Assigned task —
Copy out lines with the word "StopsTeam" from the material that follows.

Extracted data —
/// What was expected at the place where a text stops being JSON.
fn json_expected(bytes: &[u8], at: usize) -> &'static str {
    let before = byte_before(bytes, at);
    match bytes.get(at) {
        None => "more: the text ends too early, with something open",
        Some(b']' | b'}') if before == b',' =>
            "no comma before this bracket: none stands behind the last item",
        Some(b'\'') => "a text in double quotes",
        Some(b'"') => "a comma or a colon before this text",
        Some(b'{' | b'[') => "a comma or a colon before this bracket",
        Some(_) if before == b'{' || before == b',' =>
            "a key or a text in double quotes, a number, true, false or a bracket",
        Some(_) =>
            "JSON: keys and texts in double quotes, commas between items and none behind the last",
    }
}

fn push_expected(rows: &mut Rows, what: &str) {
    rows.text("expected", what);
}

// Where a text stops being JSON, if it does.
fn place_of_error(alloc: Global, parsed: &[u8]) -> Option<Place> {
    match Value::from_slice(alloc, parsed) {
        Ok(_) => None,
        Err(error) => Some(Place {
            line: error.line(),
            column: error.column(),
        }),
    }
}

// Of a text as it may be told, and as it may be parsed.
fn push_json(
    alloc: Global,
    rows: &mut Rows,
    shown: &[u8],
    parsed: &[u8],
) -> Result<(), AllocError> {
    if shown.starts_with(b"\xEF\xBB\xBF") {
        push_place(alloc, rows, shown, 0)?;
        push_expected(
            rows,
            "JSON without a byte order mark: save the file as UTF-8 without one",
        );
        return Ok(());
    }
    let Some(place) = place_of_error(alloc, parsed) else {
        push_expected(
            rows,
            "JSON at the secrets, the nonce and the seeds, too, which aren't shown",
        );
        return Ok(());
    };
    let at = byte_of(shown, place);
    push_place(alloc, rows, shown, at)?;
    push_expected(rows, json_expected(shown, at));
    Ok(())
}

// ---- a rule that can't stand

fn is_rule(alloc: Global, rule: &str, names: &BTreeMap<String, ()>) -> Result<bool, AllocError> {
    let id = to_id(alloc, rule)?;
    Ok(names.get(id.as_str()).is_some())
}

// Whether a text may stand in a list of rules: a clause or a ruleset, or `!` and a clause.
fn can_stand(
    alloc: Global,
    rule: &str,
    names: &BTreeMap<String, ()>,
    clauses: &BTreeMap<String, ()>,
) -> Result<bool, AllocError> {
    if rule.starts_with('!') {
        is_rule(alloc, rule, clauses)
    } else {
        is_rule(alloc, rule, names)
    }
}

// The first text of a list that can't stand in it.
fn wrong_rule<'a>(
    alloc: Global,
    rules: Option<&'a Value>,
    names: &BTreeMap<String, ()>,
    clauses: &BTreeMap<String, ()>,
) -> Result<Option<&'a str>, AllocError> {
    if let Some(rules) = list_of(rules) {
        for rule in rules {
            if let Some(rule) = rule.as_str() {
                if !can_stand(alloc, rule, names, clauses)? {
                    return Ok(Some(rule));
                }
            }
        }
    }
    Ok(None)
}

// A rule that can't stand, as it is told, and the nearest of those that can.
fn push_wrong_rule(
    alloc: Global,
    rows: &mut Rows,
    told: &str,
    rule: &str,
    names: &[Text],
    clauses: &[Text],
) -> Result<(), AllocError> {
    rows.text("at fault", told);
    if rule.starts_with('!') {
        push_nearest(alloc, rows, rule, clauses)
    } else {
        push_nearest(alloc, rows, rule, names)
    }
}

fn add_id(alloc: Global, ids: &mut BTreeMap<String, ()>, name: &str) -> Result<(), AllocError> {
    let id = id_text(alloc, name)?;
    ids.insert(id, ())?;
    Ok(())
}

fn id_names(alloc: Global, names: &[Text]) -> Result<BTreeMap<String, ()>, AllocError> {
    let mut ids = BTreeMap::new(alloc);
    for name in names {
        add_id(alloc, &mut ids, name.as_str())?;
    }
    Ok(ids)
}

fn id_text(alloc: Global, name: &str) -> Result<String, AllocError> {
    let id = to_id(alloc, name)?;
    String::from_str(alloc, id.as_str())
}

fn keys_of(alloc: Global, sets: &Map<String, Value>) -> Result<Vec<Text>, AllocError> {
    let mut keys = Texts::new(alloc);
    for key in sets.keys() {
        keys.add(key.as_str());
    }
    keys.into_vec()
}

fn add_named(
    alloc: Global,
    inner: &mut Texts,
    rule: &str,
    ids: &BTreeMap<String, ()>,
) -> Result<(), AllocError> {
    if is_rule(alloc, rule, ids)? {
        inner.add(rule);
    }
    Ok(())
}

// The texts of a list whose ids are among these.
fn named_in(
    alloc: Global,
    list: &[Value],
    ids: &BTreeMap<String, ()>,
) -> Result<Vec<Text>, AllocError> {
    let mut inner = Texts::new(alloc);
    for rule in list {
        if let Some(rule) = rule.as_str() {
            add_named(alloc, &mut inner, rule, ids)?;
        }
    }
    inner.into_vec()
}

fn push_named(alloc: Global, rows: &mut Rows, key: &str, names: &[Text]) -> Result<(), AllocError> {
    if !names.is_empty() {
        let place = format!(in alloc; "ruleset {key} names")?;
        rows.listed(place.as_str(), names);
    }
    Ok(())
}

fn push_set(
    alloc: Global,
    rows: &mut Rows,
    key: &str,
    rules: &Value,
    ids: &BTreeMap<String, ()>,
) -> Result<(), AllocError> {
    let Some(list) = rules.as_array() else {
        return Ok(());
    };
    let inner = named_in(alloc, list, ids)?;
    push_named(alloc, rows, key, &inner)
}

fn push_each_set(
    alloc: Global,
    rows: &mut Rows,
    sets: &Map<String, Value>,
    ids: &BTreeMap<String, ()>,
) -> Result<(), AllocError> {
    for (key, rules) in sets {
        push_set(alloc, rows, key.as_str(), rules, ids)?;
    }
    Ok(())
}

fn rulesets_of(config: Option<&Value>) -> Option<&Map<String, Value>> {
    object_under(config, "rulesets")
}

fn ids_of_keys(
    alloc: Global,
    sets: &Map<String, Value>,
) -> Result<BTreeMap<String, ()>, AllocError> {
    let keys = keys_of(alloc, sets)?;
    id_names(alloc, &keys)
}

// Each ruleset that names others, with these: a ruleset inside itself is among them.
fn push_sets(alloc: Global, rows: &mut Rows, config: Option<&Value>) -> Result<(), AllocError> {
    let Some(sets) = rulesets_of(config) else {
        return Ok(());
    };
    let ids = ids_of_keys(alloc, sets)?;
    push_each_set(alloc, rows, sets, &ids)
}

// The texts of a list that repeal nothing.
fn plain_in(alloc: Global, rules: &[Value]) -> Result<Vec<Text>, AllocError> {
    let mut named = Texts::new(alloc);
    for rule in rules {
        if let Some(rule) = rule.as_str() {
            if !rule.starts_with('!') {
                named.add(rule);
            }
        }
    }
    named.into_vec()
}

fn ids_of_plain(alloc: Global, rules: &[Value]) -> Result<BTreeMap<String, ()>, AllocError> {
    let named = plain_in(alloc, rules)?;
    id_names(alloc, &named)
}

// A text of a list that repeals what is named in it, by its id.
fn push_repeal(
    alloc: Global,
    rows: &mut Rows,
    place: &str,
    rule: &str,
    ids: &BTreeMap<String, ()>,
) -> Result<(), AllocError> {
    if rule.starts_with('!') && is_rule(alloc, rule, ids)? {
        rows.formatted(
            "at fault",
            format!(in alloc; "{rule} beside the same clause, in {place}"),
        );
    }
    Ok(())
}

fn push_each_repeal(
    alloc: Global,
    rows: &mut Rows,
    place: &str,
    rules: &[Value],
    ids: &BTreeMap<String, ()>,
) -> Result<(), AllocError> {
    for rule in rules {
        if let Some(rule) = rule.as_str() {
            push_repeal(alloc, rows, place, rule, ids)?;
        }
    }
    Ok(())
}

// The lists that name a clause and repeal it.
fn push_repeals(
    alloc: Global,
    rows: &mut Rows,
    place: &str,
    rules: Option<&Value>,
) -> Result<(), AllocError> {
    let Some(rules) = list_of(rules) else {
        return Ok(());
    };
    let ids = ids_of_plain(alloc, rules)?;
    push_each_repeal(alloc, rows, place, rules, &ids)
}

fn push_repeals_of(
    alloc: Global,
    rows: &mut Rows,
    key: &str,
    rules: &Value,
) -> Result<(), AllocError> {
    let place = format!(in alloc; "the ruleset {key}")?;
    push_repeals(alloc, rows, place.as_str(), Some(rules))
}

// Those of the format's own list, and of each ruleset.
fn push_all_repeals(
    alloc: Global,
    rows: &mut Rows,
    own: Option<&Value>,
    config: Option<&Value>,
) -> Result<(), AllocError> {
    push_repeals(alloc, rows, "its own rules", own)?;
    let Some(sets) = rulesets_of(config) else {
        return Ok(());
    };
    for (key, rules) in sets {
        push_repeals_of(alloc, rows, key.as_str(), rules)?;
    }
    Ok(())
}

// The rules of the format with the path `formats[INDEX].rules`.
fn own_rules<'a>(config: Option<&'a Value>, path: &str) -> Option<&'a Value> {
    let formats = list_under(config, "formats")?;
    let mut index = 0usize;
    for byte in path.as_bytes() {
        if byte.is_ascii_digit() {
            index = index
                .saturating_mul(10)
                .saturating_add(usize::from(byte.saturating_sub(48)));
        }
    }
    formats.get(index)?.get("rules")
}

// What may stand in a list of rules.
#[derive(Clone, Copy)]
struct Known<'a> {
    // Clauses and rulesets, and the ids of them.
    names: &'a [Text],
    ids: &'a BTreeMap<String, ()>,
    // The clauses alone.
    clauses: &'a [Text],
    clause_ids: &'a BTreeMap<String, ()>,
}

// The first ruleset with a text that can't stand in it.
fn push_wrong_set(
    alloc: Global,
    rows: &mut Rows,
    sets: &Map<String, Value>,
    known: Known<'_>,
) -> Result<(), AllocError> {
    for (key, rules) in sets {
        if let Some(rule) = wrong_rule(alloc, Some(rules), known.ids, known.clause_ids)? {
            let told = format!(in alloc; "{rule}, in the ruleset {key}")?;
            return push_wrong_rule(alloc, rows, told.as_str(), rule, known.names, known.clauses);
        }
    }
    Ok(())
}

// The first text that can't stand, in the format's own list or in a ruleset.
fn push_wrong(
    alloc: Global,
    rows: &mut Rows,
    own: Option<&Value>,
    config: Option<&Value>,
    known: Known<'_>,
) -> Result<(), AllocError> {
    if let Some(rule) = wrong_rule(alloc, own, known.ids, known.clause_ids)? {
        return push_wrong_rule(alloc, rows, rule, rule, known.names, known.clauses);
    }
    match rulesets_of(config) {
        None => Ok(()),
        Some(sets) => push_wrong_set(alloc, rows, sets, known),
    }
}

fn clause_names(alloc: Global) -> Result<Vec<Text>, AllocError> {
    let mut clauses = Texts::new(alloc);
    add_clauses(&mut clauses);
    clauses.into_vec()
}

fn push_unknown(
    alloc: Global,
    rows: &mut Rows,
    own: Option<&Value>,
    config: Option<&Value>,
    names: &[Text],
) -> Result<(), AllocError> {
    let clauses = clause_names(alloc)?;
    let ids = id_names(alloc, names)?;
    let clause_ids = id_names(alloc, &clauses)?;
    let known = Known {
        names,
        ids: &ids,
        clauses: &clauses,
        clause_ids: &clause_ids,
    };
    push_wrong(alloc, rows, own, config, known)
}

// Where a format's rules can't be walked: the text that names nothing, in its own list or in a ruleset.
fn push_rule(
    alloc: Global,
    rows: &mut Rows,
    kind: DataKind,
    path: &str,
    config: Option<&Value>,
    names: &[Text],
) -> Result<(), AllocError> {
    let own = own_rules(config, path);
    match kind {
        DataKind::Repeat => push_sets(alloc, rows, config),
        DataKind::Range => push_all_repeals(alloc, rows, own, config),
        _ => push_unknown(alloc, rows, own, config, names),
    }
}

// ---- a value that isn't in its form

// What stands at a place.
fn push_text_at(
    alloc: Global,
    rows: &mut Rows,
    bytes: &[u8],
    at: usize,
    kind: DataKind,
    names: &[Text],
) -> Result<(), AllocError> {
    let text = text_at(alloc, bytes, at)?;
    rows.text("at fault", text.as_str());
    if kind == DataKind::Unknown {
        return push_nearest(alloc, rows, text.as_str(), names);
    }
    Ok(())
}

fn notes_of(
    alloc: Global,
    is_dex: bool,
    dex: Option<&Value>,
    config: Option<&Value>,
) -> Result<Vec<Note>, AllocError> {
    match (is_dex, dex, config) {
        (true, Some(value), _) => of_dex(alloc, value),
        (false, _, Some(value)) => of_config(alloc, value),
        _ => Ok(Vec::new(alloc)),
    }
}
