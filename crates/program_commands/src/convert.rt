//! Teams between their packed text and the export text that players copy to and from a teambuilder.
ghost use Rattle.std.specs.Prelude.{◌≡◌, ◌++◌, ◌∷◌, [], IfOk, IfErr};
ghost use Rattle.ps_outside.specs.Causes.{Rose};
ghost use Rattle.ps_packed.specs.Canon.{canon};
ghost use Rattle.program_commands.specs.Conversions.{HasExport, MakesExport, MakesPacked, StopsExport, StopsImport, ExportCause};
ghost use Rattle.program_commands.specs.Conversions.{ImportCause, WritesConversion, SettlesConversion, IsExportOf, StopsTeam, Stops};
ghost use Rattle.program_commands.specs.Conversions.{BytesCause, WritesOfBytes, WritesText};

use crate::check::{MOST_TEAM, team_of, without_newline};
use crate::file::read_file;
use crate::status::Status;
use ps_base::text::Text;
use ps_export::fault::{ExportFault, WriteExportFault};
use ps_export::read::read_export;
use ps_export::write::write_export;
use ps_outside::files::Files;
use ps_outside::sink::{self, Sink};
use ps_packed::fault::PackFault;
use ps_packed::team::Team;
use ps_packed::write::write_team;
use std::alloc::{AllocError, Global};
use std::str;

// ---- what is made

fn export_of_team(alloc: Global, team: &Team) -> Result<Text, Status>
    ensures made { IfOk result (IsExportOf team.now) }
    ensures stops { IfErr result (StopsTeam team.now) }
{
    match write_export(alloc, team) {
        Err(WriteExportFault::NoMemory) => Err(Status::NoMemory),
        Err(WriteExportFault::Unwritable { set }) => Err(Status::NoExport { set }),
        Err(WriteExportFault::Long { .. }) => Err(Status::NoExport { set: 0 }),
        Ok(text) => Ok(text),
    }
}

// The export text of the packed team that the bytes have, but for one newline at their end.
fn export_of(alloc: Global, bytes: Vec<u8>) -> Result<Text, Status>
    ensures made { IfOk result (MakesExport bytes.items) }
    ensures stops { IfErr result (Stops (StopsExport bytes.items)) }
{
    let text = without_newline(bytes);
    match team_of(alloc, &text) {
        Err(PackFault::NoMemory) => Err(Status::NoMemory),
        Err(PackFault::Fault { at, kind }) => Err(Status::BadPack { at, kind }),
        Ok(team) => export_of_team(alloc, &team),
    }
}

fn packed_line(alloc: Global, team: &Team) -> Result<Text, AllocError>
    ensures { IfOk result (λ t. t ≡ canon team.now ++ 10 ∷ []) }
{
    let mut line = write_team(alloc, team)?;
    line.push_str("\n")?;
    Ok(line)
}

// The packed text of the team whose export text the bytes are, and a newline.
fn packed_of(alloc: Global, bytes: Vec<u8>) -> Result<Text, Status>
    ensures made { IfOk result (MakesPacked bytes.items) }
    ensures stops { IfErr result (Stops (StopsImport bytes.items)) }
{
    let text = match str::from_utf8(&bytes) {
        Err(_) => return Err(Status::BadExport { line: 0 }),
        Ok(text) => text,
    };
    let team = match read_export(alloc, text) {
        Err(ExportFault::NoMemory) => return Err(Status::NoMemory),
        Err(ExportFault::Fault { line }) => return Err(Status::BadExport { line }),
        Ok(team) => team,
    };
    match packed_line(alloc, &team) {
        Err(_) => Err(Status::NoMemory),
        Ok(line) => Ok(line),
    }
}

// ---- what is written

fn write_text<K: Sink>(text: &Text, out: &mut K) -> Status
    ensures wrote { WritesText text.now (K.written out.old) (K.written out.new) result }
    ensures write_fault { result ≡ Status.WriteFault → Rose (K.faults out.old) (K.faults out.new) }
{
    match sink::write_all(out, text.as_str().as_bytes()) {
        Err(_) => Status::WriteFault,
        Ok(()) => Status::Done,
    }
}

fn export_bytes<K: Sink>(alloc: Global, bytes: Vec<u8>, out: &mut K) -> Status
    ensures cause { BytesCause (StopsExport bytes.items) result }
    ensures wrote { WritesOfBytes (MakesExport bytes.items) (K.written out.old) (K.written out.new) result }
    ensures write_fault { result ≡ Status.WriteFault → Rose (K.faults out.old) (K.faults out.new) }
{
    match export_of(alloc, bytes) {
        Err(status) => status,
        Ok(text) => write_text(&text, out),
    }
}

fn import_bytes<K: Sink>(alloc: Global, bytes: Vec<u8>, out: &mut K) -> Status
    ensures cause { BytesCause (StopsImport bytes.items) result }
    ensures wrote { WritesOfBytes (MakesPacked bytes.items) (K.written out.old) (K.written out.new) result }
    ensures write_fault { result ≡ Status.WriteFault → Rose (K.faults out.old) (K.faults out.new) }
{
    match packed_of(alloc, bytes) {
        Err(status) => status,
        Ok(text) => write_text(&text, out),
    }
}

fn export_file<F: Files, K: Sink>(alloc: Global, name: &str, files: &mut F, out: &mut K) -> Status
    ensures cause { ExportCause (F.contents files.old) name.now (F.counts files.old) (F.counts files.new) result }
    ensures wrote { WritesConversion (F.contents files.old) name.now MakesExport (K.written out.old) (K.written out.new) result }
    ensures write_fault { result ≡ Status.WriteFault → Rose (K.faults out.old) (K.faults out.new) }
{
    match read_file(alloc, files, name, MOST_TEAM) {
        Err(status) => status,
        Ok(bytes) => export_bytes(alloc, bytes, out),
    }
}

fn import_file<F: Files, K: Sink>(alloc: Global, name: &str, files: &mut F, out: &mut K) -> Status
    ensures cause { ImportCause (F.contents files.old) name.now (F.counts files.old) (F.counts files.new) result }
    ensures wrote { WritesConversion (F.contents files.old) name.now MakesPacked (K.written out.old) (K.written out.new) result }
    ensures write_fault { result ≡ Status.WriteFault → Rose (K.faults out.old) (K.faults out.new) }
{
    match read_file(alloc, files, name, MOST_TEAM) {
        Err(status) => status,
        Ok(bytes) => import_bytes(alloc, bytes, out),
    }
}

// ---- the commands

/// Writes the export text of the packed team in the file of this name: what is pasted into a teambuilder. One newline at the
/// file's end is dropped.
pub fn export<F: Files, K: Sink>(alloc: Global, name: &str, files: &mut F, out: &mut K) -> Status
    ensures cause { ExportCause (F.contents files.old) name.now (F.counts files.old) (F.counts files.new) result }
    ensures wrote { WritesConversion (F.contents files.old) name.now MakesExport (K.written out.old) (K.written out.new) result }
    ensures write_fault { result ≡ Status.WriteFault → Rose (K.faults out.old) (K.faults out.new) }
    ensures settles { SettlesConversion (F.contents files.old) HasExport
        (Rose (F.counts files.old).faults (F.counts files.new).faults) (Rose (K.faults out.old) (K.faults out.new)) name.now result }
{
    export_file(alloc, name, files, out)
}

/// Writes the packed text of the team whose export text is in the file of this name, and a newline: what a client gives its
/// server, and what `check` reads.
pub fn import<F: Files, K: Sink>(alloc: Global, name: &str, files: &mut F, out: &mut K) -> Status
    ensures cause { ImportCause (F.contents files.old) name.now (F.counts files.old) (F.counts files.new) result }
    ensures wrote { WritesConversion (F.contents files.old) name.now MakesPacked (K.written out.old) (K.written out.new) result }
    ensures write_fault { result ≡ Status.WriteFault → Rose (K.faults out.old) (K.faults out.new) }
    ensures settles { SettlesConversion (F.contents files.old) MakesPacked
        (Rose (F.counts files.old).faults (F.counts files.new).faults) (Rose (K.faults out.old) (K.faults out.new)) name.now result }
{
    import_file(alloc, name, files, out)
}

Solution to the exercise —
ghost use Rattle.program_commands.specs.Conversions.{ImportCause, WritesConversion, SettlesConversion, IsExportOf, StopsTeam, Stops};
    ensures stops { IfErr result (StopsTeam team.now) }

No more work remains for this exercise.